Avrotize provides several commands for converting between different schema formats.

### Convert Proto schema to Avro schema

```bash
avrotize p2a --proto <path_to_proto_file> --avsc <path_to_avro_schema_file>
```

Conversion issues:
* Protobuf allows any scalar type as key in a map, Avro does not. When converting
  from Proto to Avro, the type information for the map keys is ignored.
* The tool embeds all 'well-known' Protobuf 3.0 types in Avro format and injects
  them as needed when the respective types are included. Only the Timestamp type is 
  mapped to the Avro logical type 'timestamp-millis'. The rest of the well-known
  Protobuf types are kept as Avro record types with the same field names and types.

### Convert Avro schema to Proto schema

```bash
avrotize a2p --proto <path_to_proto_file> --avsc <path_to_avro_schema_file>
```

### Convert JSON schema to Avro schema

```bash
avrotize j2a --jsons <path_to_json_schema_file> --avsc <path_to_avro_schema_file> [--namespace <avro_schema_namespace>]
```

Conversion issues:
* JSON Schema is a very flexible schema format and extremely permissive. That 
  results in many valid JSON schema documents for which it is difficult to 
  translate all definitions into Avro Schema. Very large schemas with many 
  cross references ($ref) throughout the schema may have circular references
  that cannot be resolved in Avro schema. 
* Untyped properties are mapped to an Avro union that allows scalar values or
  two levels of array and/or map nesting.
* JSON Schema allows for arbitrary property names, Avro does not. When converting
  from JSON to Avro, the property names in objects are sanitized by replacing 
  any non-alphanumeric characters with underscores and prefixing the result with an 
  underscore. This may lead to name conflicts and the tool will simply append a 
  unique index to the name to avoid naming conflicts.
* All external references are resolved and embedded in the Avro schema. The tool 
  does not support maintaining external references to other schemas. To perform
  a conversion, all external $ref references have to be resolvable by the tool.
* When a JSON schema file does not define a top-level type, the tool will look for 
  a 'definitions' section and emit all definitions as a union of the types defined.
  This also works with Swagger and OpenAPI files.

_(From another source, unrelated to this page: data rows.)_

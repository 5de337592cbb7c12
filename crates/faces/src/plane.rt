//! Plane graphs (Euler's formula): connected embedded graphs with their faces, one of which is the outer face. Buffers
//! are reused by one call after another.
ghost use Rattle.std.specs.Prelude.{◌≡◌, ◌≢◌, ◌<◌, ◌≤◌, ℕ, IfOk, IfErr, Err};
ghost use Rattle.embedding.specs.Darts.{dart_count, next_of};
ghost use Rattle.embedding.specs.Faces.{HasFaces};
ghost use Rattle.embedding.specs.Rules.{KeepsBefore};
ghost use Rattle.faces.specs.declared.plane.TheConstants.{MAX_FACES};
ghost use Rattle.faces.specs.Numbering.{Numbering, Numbering-prop};
ghost use Rattle.faces.specs.Greatest.{IsFirstGreatest};

use common::MAX_VERTICES;
use embedding::Graph;
use std::alloc::Global;
use std::marker::Model;
use thiserror::Error;

/// The buffers of a plane's graph, to be reused. A plane has none of its own.
#[derive(Drop)]
pub struct Scratch {
    /// The buffers of a graph, for the next graph that is read.
    pub graph: embedding::Scratch,
}

impl Scratch {
    /// An empty scratch. It allocates nothing.
    pub fn empty(alloc: Global) -> Scratch {
        Scratch {
            graph: embedding::Scratch::empty(alloc),
        }
    }
}

/// The maximum number of faces of a plane: 2,400 edges - 1,200 vertices + 2.
pub const MAX_FACES: usize = MAX_VERTICES + 2;

/// A connected graph of maximum degree at most 4 embedded on the sphere, with its faces, one of them the outer face.
///
/// In contracts it is a `PlaneModel`. A face is walked by `next`, with the face on the left. Faces are numbered from 0
/// in the order of their least darts. No accessor allocates, and each but `least_dart` takes constant time.
#[derive(Debug, Drop)]
pub struct Plane {
    graph: Graph,
    outer: u16,
    ghost numbering: { Numbering graph } by { Numbering-prop graph },
}

impl Model for Plane {
    ghost use Rattle.faces.specs.Planes.{PlaneModel, IsPlane, model_of};

    ghost Value = { PlaneModel };

    ghost view = { λ p. model_of p.graph p.numbering.0.0 p.numbering.0.1 p.outer };

    ghost invariant = { λ p. IsPlane (model_of p.graph p.numbering.0.0 p.numbering.0.1 p.outer) };
}

/// The reason why no plane was returned. Each variant returns the graph unchanged.
#[derive(Debug, Drop, Error)]
pub enum TraceFault {
    /// The graph is not embedded in the plane: vertices minus edges plus faces is not 2.
    #[error("not a planar embedding: V - E + F is not 2")]
    Genus(Graph),
    /// Out of memory. Since a graph keeps its faces, no call returns this.
    #[error("out of memory")]
    Memory(Graph),
}

/// The number of the face with the most darts; among equals, the least number.
fn greatest_face(graph: &Graph) -> u16
    requires { KeepsBefore graph.now 8 }
    ensures { (face : ℕ → ℕ) (f : ℕ) → HasFaces (dart_count graph.now) (next_of graph.now) face f
        → IsFirstGreatest (dart_count graph.now) face f result }
{
    let mut best = 0;
    let mut most = graph.face_degree(0);
    for face in 1..graph.face_count() {
        let degree = graph.face_degree(face);
        if degree > most {
            best = face;
            most = degree;
        }
    }
    best
}

impl Plane {
    ghost use Rattle.faces.specs.Planes.{PlaneModel, IsPlane, HasGreatestOuter, HasEnds, darts, next, face_at, degree, with_outer};
    ghost use Rattle.faces.specs.Faults.{IsTraceFault};

    /// The plane of `graph`, with the face of most darts as its outer face; among equals, the one that contains the
    /// least dart. `Genus` with the graph, unchanged, exactly if its vertices minus its edges plus its faces is not 2.
    /// There is no other error.
    ///
    /// It looks once at each face and allocates nothing, since a graph keeps its faces.
    ///
    /// # Errors
    ///
    /// `Genus` returns the graph exactly if its vertices minus its edges plus its faces is not 2. `Memory` is never
    /// returned.
    pub fn trace(alloc: Global, graph: Graph) -> Result<Plane, TraceFault>
        ensures graph { IfOk result (λ p. p.lists ≡ graph) }
        ensures plane { IfOk result IsPlane }
        ensures outer { IfOk result HasGreatestOuter }
        ensures err { IfErr result (IsTraceFault graph) }
        ensures never { result ≢ Err (TraceFault.Memory graph) }
    {
        let mut scratch = Scratch::empty(alloc);
        Plane::trace_in(alloc, &mut scratch, graph)
    }

    /// The plane of `graph`, with the face of most darts as its outer face; among equals, the one that contains the
    /// least dart. `Genus` with the graph, unchanged, exactly if its vertices minus its edges plus its faces is not 2.
    /// There is no other error. `scratch` is neither read nor changed.
    ///
    /// The plane's lists, which are those of its graph, can be returned to the scratch by [`Plane::give_back`].
    ///
    /// # Errors
    ///
    /// As [`Plane::trace`].
    pub fn trace_in(alloc: Global, scratch: &mut Scratch, graph: Graph) -> Result<Plane, TraceFault>
        ensures graph { IfOk result (λ p. p.lists ≡ graph) }
        ensures plane { IfOk result IsPlane }
        ensures outer { IfOk result HasGreatestOuter }
        ensures err { IfErr result (IsTraceFault graph) }
        ensures never { result ≢ Err (TraceFault.Memory graph) }
    {
        if graph.vertices() + graph.face_count() != graph.edges() + 2 {
            return Err(TraceFault::Genus(graph));
        }
        let outer = greatest_face(&graph);
        Ok(Plane { graph, outer })
    }

    /// Drops this plane, and puts the two buffers of its graph into `scratch.graph`, for the next graph, in place of
    /// those that it has.
    pub fn give_back(self, scratch: &mut Scratch) {
        self.graph.give_back(&mut scratch.graph);
    }

    /// The graph of this plane.
    pub fn graph(&self) -> &Graph
        ensures value { result.now ≡ self.now.lists }
        ensures plane { IsPlane self.now }
        ensures ends { HasEnds self.now }
    {
        &self.graph
    }

    /// The dart that follows `dart` on its face, which is the face on the left of both.
    pub fn next(&self, dart: u16) -> u16
        requires { dart < darts self.now }
        ensures value { result ≡ next self.now dart }
        ensures inside { result < darts self.now }
        ensures stays { face_at self.now result ≡ face_at self.now dart }
    {
        self.graph.after(self.graph.reverse(dart))
    }

    /// The number of the face on the left of `dart`.
    pub fn face_of(&self, dart: u16) -> u16
        requires { dart < darts self.now }
        ensures value { result ≡ face_at self.now dart }
        ensures named { result < self.now.faces }
    {
        self.graph.face_of(dart)
    }

    /// The least dart of `face`. The time is linear in the number of that dart.
    pub fn least_dart(&self, face: u16) -> u16
        requires { face < self.now.faces }
        ensures inside { result < darts self.now }
        ensures face { face_at self.now result ≡ face }
        ensures least { (d : ℕ) → d < result → face_at self.now d ≢ face }
    {
        for dart in 0..self.graph().darts() {
            if self.face_of(dart) == face {
                return dart;
            }
        }
        unreachable!()
    }

    /// The number of faces, 1 to 1,202.
    pub fn face_count(&self) -> u16
        ensures value { result ≡ self.now.faces }
        ensures some { 0 < result }
        ensures few { result ≤ MAX_FACES }
        ensures plane { IsPlane self.now }
        ensures ends { HasEnds self.now }
    {
        self.graph.face_count()
    }

    /// The number of darts of `face`.
    pub fn degree(&self, face: u16) -> u16
        requires { face < self.now.faces }
        ensures value { result ≡ degree self.now face }
    {
        self.graph.face_degree(face)
    }

    /// The number of the outer face.
    pub fn outer(&self) -> u16
        ensures value { result ≡ self.now.outer }
        ensures named { result < self.now.faces }
    {
        self.outer
    }

    /// Makes `face` the outer face; nothing else changes. It allocates nothing.
    pub fn set_outer(&mut self, face: u16)
        requires { face < self.old.faces }
        ensures { self.new ≡ with_outer self.old face }
    {
        self.outer = face;
    }
}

### Convert XML Schema (XSD) to Avro schema

```bash
avrotize x2a --xsd <path_to_xsd_file> --avsc <path_to_avro_schema_file> [--namespace <avro_schema_namespace>]
```

### Convert Avro schema to Kusto table declaration

```bash
avrotize a2k --avsc <path_to_avro_schema_file> --kusto <path_to_kusto_kql_file> [--record-type <record_type>]
```

### Convert Avro schema to T-SQL table definition

```bash
avrotize a2tsql --avsc <path_to_avro_schema_file> --tsql <path_to_sql_file> [--record-type <record_type>]
```

## Convert Avro schema to empty Parquet file

```bash
avrotize a2pq --avsc <path_to_avro_schema_file> --parquet <path_to_parquet_schema_file>
```

## Convert ASN.1 schema to Avro schema

```bash
avrotize asn2a --asn <path_to_asn1_schema_file>  --avsc <path_to_avro_schema_file>
```

## Contributing

Contributions are welcome! Please feel free to submit a Pull Request.

## License

Avrotize is released under the Apache License. See the LICENSE file for more details.